**Task details:** Your job is to copy every line in the material containing the word "SharedEntry".
##########
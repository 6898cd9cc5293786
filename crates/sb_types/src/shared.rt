//! Entries that tables, blocks and views share.

ghost use Rattle.std.specs.Prelude.{◌≡◌, ◌≤◌, true, Ok};
ghost use Rattle.sb_types.specs.Faults.{Gives};
ghost use Rattle.sb_types.specs.Lengths.{entry_length};
ghost use Rattle.sb_types.specs.Limits.{is_entry};

use crate::entry::{Entry, Slot};
use crate::fault::Fault;
use crate::format::ENTRY_LENGTH_MOST;
use crate::text::Key;
use std::alloc::Global;
use std::marker::Model;
use std::sync::Arc;

/// An entry that lies on the heap once, however many tables, blocks and views have it. It takes eight bytes in each of
/// them.
#[derive(Debug, Drop)]
pub struct SharedEntry {
    entry: Arc<Entry>,
}

impl Model for SharedEntry {
    ghost use Rattle.std.specs.Arc.{arc_value};
    ghost use Rattle.sb_types.specs.Records as records;

    ghost Value = { records.Entry };

    ghost view = { λ shared. arc_value shared.entry };
}

impl SharedEntry {
    /// Puts an entry on the heap. The only fault is `NoMemory`, which drops the entry.
    pub fn new(alloc: Global, entry: Entry) -> Result<SharedEntry, Fault>
        ensures entry { Gives result (Ok entry) }
    {
        match Arc::new(alloc, entry) {
            Ok(entry) => Ok(SharedEntry { entry }),
            Err(_) => Err(Fault::NoMemory),
        }
    }

    /// Returns the same entry once more, without a copy. The only fault is `NoMemory`, if it is shared 2^63 times.
    pub fn share(&self) -> Result<SharedEntry, Fault>
        ensures same { Gives result (Ok self.now) }
    {
        match Arc::try_clone(&self.entry) {
            Ok(entry) => Ok(SharedEntry { entry }),
            Err(_) => Err(Fault::NoMemory),
        }
    }

    /// Returns the entry.
    pub fn entry(&self) -> &Entry
        ensures entry { result.now ≡ self.now }
    {
        &self.entry
    }

    /// Returns the key that was written.
    pub fn key(&self) -> &Key
        ensures key { result.now ≡ self.now.key }
        ensures entry { is_entry self.now ≡ true }
    {
        self.entry().key()
    }

    /// Returns the version of the write, at least 1.
    pub fn version(&self) -> u64
        ensures version { result ≡ self.now.version }
        ensures entry { is_entry self.now ≡ true }
    {
        self.entry().version()
    }

    /// Returns what was written: a value or a tombstone.
    pub fn slot(&self) -> &Slot
        ensures slot { result.now ≡ self.now.slot }
        ensures entry { is_entry self.now ≡ true }
    {
        self.entry().slot()
    }

    /// Returns how many bytes the entry takes in a message: 11 to 588.
    pub fn encoded_length(&self) -> u64
        ensures length { result ≡ entry_length self.now }
        ensures entry { is_entry self.now ≡ true }
        ensures most { result ≤ ENTRY_LENGTH_MOST }
    {
        self.entry().encoded_length()
    }
}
##########
**Answer to the exercise:**
pub struct SharedEntry {
impl Model for SharedEntry {
impl SharedEntry {
    pub fn new(alloc: Global, entry: Entry) -> Result<SharedEntry, Fault>
            Ok(entry) => Ok(SharedEntry { entry }),
    pub fn share(&self) -> Result<SharedEntry, Fault>
            Ok(entry) => Ok(SharedEntry { entry }),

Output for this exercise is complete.